//! FieldsOnCorrectType and ScalarLeafs (sections 5.3.1 and 5.3.3 of the Specification).

ghost use Rattle.std.specs.Prelude.{◌≡◌, ◌++◌, IfOk, OnOk, codes, map, string_bytes};
ghost use Rattle.std.specs.List.{flat_map};
ghost use Rattle.graphql_spec.specs.Fields.{fields_of, type_named};
ghost use Rattle.graphql_spec.specs.Types.{type_text};
ghost use Rattle.juniper_meta.specs.MetaView as metas;
ghost use Rattle.juniper_type_rules.specs.PlacedView.{view_parts, view_placed};
ghost use Rattle.juniper_schema.specs.SchemaView.{view_schema};
ghost use Rattle.juniper_written.specs.WrittenView.{view_names};
ghost use Rattle.juniper_explain.specs.Adding.{Adds};
ghost use Rattle.juniper_explain.specs.Nearest.{suggested};
ghost use Rattle.juniper_explain.specs.Nodes.{set_text, suggestion, unknown_field, wrong_set};

use crate::explanation::{Explanation, add};
use crate::nearest::{suggested, suggestion};
use crate::rule::Rule;
use juniper_schema::{SchemaType, meta};
use juniper_syntax::{ScalarValue, Type};
use juniper_type_rules::{Placed, PlacedParts, set_is_wrong};
use std::alloc::{AllocError, Global};

/// Explains the fields that their parent types lack.
pub(crate) fn explain_unknown_fields<'d, 'a, S: ScalarValue>(
    alloc: Global,
    schema: &SchemaType<S>,
    parts: &PlacedParts<'d, 'a, S>,
    explanations: &mut Vec<Explanation>,
) -> Result<(), AllocError>
    ensures { OnOk result (Adds explanations.old.items explanations.new.items
        (flat_map (unknown_field (view_schema S.shown schema.now)) (view_parts S.shown parts.now).fields)) }
{
    for placed in &parts.fields {
        explain_unknown_field(alloc, schema, placed, explanations)?;
    }
    Ok(())
}

/// Explains a field that its parent type lacks.
#[tactic(auto, unfolding(crate::specs::Nodes::unknown_field, crate::specs::Explanations::found))]
fn explain_unknown_field<'d, 'a, S: ScalarValue>(
    alloc: Global,
    schema: &SchemaType<S>,
    placed: &Placed<'d, 'a, S>,
    explanations: &mut Vec<Explanation>,
) -> Result<(), AllocError>
    ensures { OnOk result (Adds explanations.old.items explanations.new.items
        (unknown_field (view_schema S.shown schema.now) (view_placed S.shown placed.now))) }
{
    let field = placed.field;
    match placed.declared {
        Some(_) => Ok(()),
        None => {
            let message = unknown_text(alloc, schema, field.item.name.item, placed.parent)?;
            add(
                explanations,
                Rule::FieldsOnCorrectType,
                field.span.start,
                message,
            )
        }
    }
}

/// What is said of a field that its parent type lacks.
fn unknown_text<S: ScalarValue>(
    alloc: Global,
    schema: &SchemaType<S>,
    name: &str,
    parent: &str,
) -> Result<String, AllocError>
    ensures { IfOk result (λ t. string_bytes t ≡ codes "Unknown field `" ++ (name.now ++ (codes "` of `" ++ (parent.now ++ (codes "`"
        ++ suggestion (suggested name.now (map (λ f. f.name) (fields_of (type_named (view_schema S.shown schema.now) parent.now))))))))) }
{
    let names = field_names(alloc, schema, parent)?;
    let near = suggested(alloc, name, &names)?;
    let meant = suggestion(alloc, near)?;
    format!(in alloc; "Unknown field `{name}` of `{parent}`{meant}")
}

/// The names of the fields that a type declares.
#[tactic(auto, unfolding(graphql_spec::specs::Fields::fields_of))]
fn field_names<'s, S: ScalarValue>(
    alloc: Global,
    schema: &'s SchemaType<S>,
    parent: &str,
) -> Result<Vec<&'s str>, AllocError>
    ensures { IfOk result (λ ns. view_names ns.items ≡ map (λ f. f.name) (fields_of (type_named (view_schema S.shown schema.now) parent.now))) }
{
    match schema.concrete_type_by_name(parent) {
        Some(meta) => names_of(alloc, meta.fields()),
        None => Ok(Vec::new(alloc)),
    }
}

/// The names of fields.
fn names_of<'s, S: ScalarValue>(
    alloc: Global,
    fields: &'s [meta::Field<S>],
) -> Result<Vec<&'s str>, AllocError>
    ensures { IfOk result (λ ns. view_names ns.items ≡ map (λ f. f.name) (map (metas.view_field S.shown) fields.now)) }
{
    let mut names = Vec::with_capacity(alloc, fields.len())?;
    for field in fields {
        names.push(field.name.as_str())?;
    }
    Ok(names)
}

/// Explains the fields whose selection sets do not fit their types.
pub(crate) fn explain_sets<'d, 'a, S: ScalarValue>(
    alloc: Global,
    schema: &SchemaType<S>,
    parts: &PlacedParts<'d, 'a, S>,
    explanations: &mut Vec<Explanation>,
) -> Result<(), AllocError>
    ensures { OnOk result (Adds explanations.old.items explanations.new.items
        (flat_map (λ p. wrong_set (view_schema S.shown schema.now) p p.declared) (view_parts S.shown parts.now).fields)) }
{
    for placed in &parts.fields {
        explain_set(alloc, schema, placed, explanations)?;
    }
    Ok(())
}

/// Explains a field whose selection set does not fit its type.
#[tactic(auto, unfolding(crate::specs::Nodes::wrong_set, crate::specs::Explanations::found))]
fn explain_set<'d, 'a, S: ScalarValue>(
    alloc: Global,
    schema: &SchemaType<S>,
    placed: &Placed<'d, 'a, S>,
    explanations: &mut Vec<Explanation>,
) -> Result<(), AllocError>
    ensures { OnOk result (Adds explanations.old.items explanations.new.items
        (wrong_set (view_schema S.shown schema.now) (view_placed S.shown placed.now) (view_placed S.shown placed.now).declared)) }
{
    let field = placed.field;
    match placed.declared {
        Some(declared) => {
            let has_set = field.item.selection_set.is_some();
            let reference = &declared.field_type;
            if !set_is_wrong(schema, has_set, reference) {
                return Ok(());
            }
            let message = wrong_text(alloc, field.item.name.item, has_set, reference)?;
            add(explanations, Rule::ScalarLeafs, field.span.start, message)
        }
        None => Ok(()),
    }
}

/// What is said of such a field.
fn wrong_text(
    alloc: Global,
    name: &str,
    has_set: bool,
    reference: &Type<String>,
) -> Result<String, AllocError>
    ensures { IfOk result (λ t. string_bytes t ≡ codes "Field `" ++ (name.now ++ (codes "` is of `"
        ++ (type_text (metas.view_type reference.now) ++ set_text has_set)))) }
{
    let end = set_text(has_set);
    format!(in alloc; "Field `{name}` is of `{reference}{end}")
}

/// What is said of a field with a selection set, and of one without.
#[tactic(auto, unfolding(crate::specs::Nodes::set_text))]
fn set_text(has_set: bool) -> &'static str
    ensures { result.now ≡ set_text has_set }
{
    if has_set {
        "`, which has no fields"
    } else {
        "`, so it needs a selection set"
    }
}
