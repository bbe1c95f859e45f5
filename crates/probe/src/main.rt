// One call on any record at all, also on one that no opening reaches. A case on standard input is a
// record and a call, 1883 bytes; its reply is the answer and the record that is left, 1888 bytes.
// tests/README.md lays them out.
// latchprobe is this program over a latch: as one function it would take a record's size, how it is
// read, called and written, and that is all that stands here.

#![tactic(auto)]

use encoding::answer::{print_of, put};
use hub::moves::Op;
use hub::record::Outcome;
use layout::{record_bytes, record_of};
use std::io::Read;
use step::calls::call;

fn op_of(byte: u8) -> Op {
    match byte % 5 {
        0 => Op::Radio,
        1 => Op::Acquire,
        2 => Op::Step,
        3 => Op::Cancel,
        _ => Op::Release,
    }
}

// Whether all of the reply was written.
fn print_reply(rt: &HostRuntime, party: u8, o: Outcome) -> bool {
    let mut line = [0u8; 7];
    put(&mut line, party, print_of(o.answer));
    rt.write_all(&line).is_ok() && rt.write_all(&record_bytes(o.hub)).is_ok()
}

// False where the input ends, or writing fails.
fn answer_one(rt: &HostRuntime) -> bool {
    let mut record = [0u8; 1881];
    let mut asked = [0u8; 2];
    if rt.stdin().read_exact(&mut record).is_err() || rt.stdin().read_exact(&mut asked).is_err() {
        return false;
    }
    let [op, party] = asked;
    print_reply(rt, party, call(record_of(&record), op_of(op), party))
}

// A proved loop has to end, so the cases are counted up to a number that no input reaches.
fn main(rt: HostRuntime) {
    for _ in 0..u64::MAX {
        if !answer_one(&rt) {
            return;
        }
    }
}
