// Histories that meet demand 3's premises. Definitions and laws, no code.
#![tactic(auto)]
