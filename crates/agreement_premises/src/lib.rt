// Which clauses of demand 3 are needed: histories that meet all the others, and after which it fails. Definitions and laws, no code.
#![tactic(auto)]
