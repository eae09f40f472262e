// The worked example of README.md, run through the calls: each call's journal record, its messages and its rules, in hexadecimal bytes.
#![tactic(auto)]

use board::Called;
use party::Party;
use std::io;

fn print_bytes(rt: &impl Print, bytes: &[u8]) -> io::Result<()> {
    for b in bytes {
        print!(rt; "{b:02X} ")?;
    }
    Ok(())
}

// What a call left: its record, its messages and its rules.
fn print_call(rt: &impl Print, record: &[u8], messages: &[u8], rules: u32) -> io::Result<()> {
    print!(rt; "record ")?;
    print_bytes(rt, record)?;
    print!(rt; "messages ")?;
    print_bytes(rt, messages)?;
    println!(rt; "rules {rules}")
}

// A board: its party, its journal with the used length, and the outgoing buffer.
// The used length stands beside the journal: both are parameters of the calls (README).
#[derive(Drop)]
struct Board {
    party: Party,
    journal: [u8; 64],
    used: usize,
    out: [u8; level_limits::OUTGOING],
}

impl Board {
    // What a call gave is printed and kept.
    fn keep(&mut self, rt: &impl Print, called: Called) -> io::Result<()> {
        let record = self.journal.get(self.used..called.used).unwrap_or(&[]);
        let messages = self.out.get(..called.sent).unwrap_or(&[]);
        print_call(rt, record, messages, called.rules)?;
        self.party = called.party;
        self.used = called.used;
        Ok(())
    }

    fn start(&mut self, rt: &impl Print, input: i64) -> io::Result<()> {
        let called = board::start(
            self.party,
            input,
            &mut self.journal,
            self.used,
            &mut self.out,
        );
        self.keep(rt, called)
    }

    // The board takes its own message back.
    fn take_own(&mut self, rt: &impl Print, message: [u8; 4]) -> io::Result<()> {
        let called = board::take(
            self.party,
            0,
            &message,
            &mut self.journal,
            self.used,
            &mut self.out,
        );
        self.keep(rt, called)
    }
}

// Is the answer 1?
fn print_answer(rt: &impl Print, p: Party) -> io::Result<()> {
    match board::read_answer(p) {
        Ok(Some(1)) => println!(rt; "answer 1"),
        Ok(Some(_)) => println!(rt; "another answer"),
        _ => println!(rt; "no answer"),
    }
}

// Power went after the second record and tore the third.
fn print_restored(rt: &impl Print) -> io::Result<()> {
    let mut out = [0; level_limits::OUTGOING];
    let left = [1, 1, 1, 2, 0, 1, 0, 1, 0, 2, 0, 1];
    let Ok(back) = board::restore(1, 0, 0, 1, &[2, 0, 2], &left, &mut out) else {
        return println!(rt; "not restored");
    };
    print!(rt; "restored {} messages ", back.used)?;
    print_bytes(rt, out.get(..back.sent).unwrap_or(&[]))?;
    println!(rt; "rules {}", back.rules)
}

fn main(rt: HostRuntime) -> io::Result<()> {
    let Ok(party) = board::set_up(1, 0, 0, 1, &[2, 0, 2]) else {
        return println!(&rt; "not set up");
    };
    let mut board = Board {
        party,
        journal: [0; 64],
        used: 0,
        out: [0; level_limits::OUTGOING],
    };
    board.start(&rt, 1)?;
    board.take_own(&rt, [1, 0, 1, 0])?;
    board.take_own(&rt, [1, 0, 2, 0])?;
    board.take_own(&rt, [1, 0, 3, 0])?;
    board.take_own(&rt, [1, 0, 4, 0])?;
    print_answer(&rt, board.party)?;
    print_restored(&rt)
}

- - - - -

Please copy the lines above from the line with "use hub::moves::Op;" up to and including the line with "filename crates/agreement_premises/src/lib.rt", exactly as written and with nothing else.

use hub::moves::Op;
use hub::record::Outcome;
use layout::{record_bytes, record_of};
use std::io::Read;
use step::calls::call;

fn op_of(byte: u8) -> Op {
    match byte % 5 {
        0 => Op::Radio,
        1 => Op::Acquire,
        2 => Op::Step,
        3 => Op::Cancel,
        _ => Op::Release,
    }
}

// Whether all of the reply was written.
fn print_reply(rt: &HostRuntime, party: u8, o: Outcome) -> bool {
    let mut line = [0u8; 7];
    put(&mut line, party, print_of(o.answer));
    rt.write_all(&line).is_ok() && rt.write_all(&record_bytes(o.hub)).is_ok()
}

// False where the input ends, or writing fails.
fn answer_one(rt: &HostRuntime) -> bool {
    let mut record = [0u8; 1881];
    let mut asked = [0u8; 2];
    if rt.stdin().read_exact(&mut record).is_err() || rt.stdin().read_exact(&mut asked).is_err() {
        return false;
    }
    let [op, party] = asked;
    print_reply(rt, party, call(record_of(&record), op_of(op), party))
}

// A proved loop has to end, so the cases are counted up to a number that no input reaches.
fn main(rt: HostRuntime) {
    for _ in 0..u64::MAX {
        if !answer_one(&rt) {
            return;
        }
    }
}
// Histories that meet demand 3's premises. Definitions and laws, no code.
#![tactic(auto)]
filename crates/agreement_premises/src/lib.rt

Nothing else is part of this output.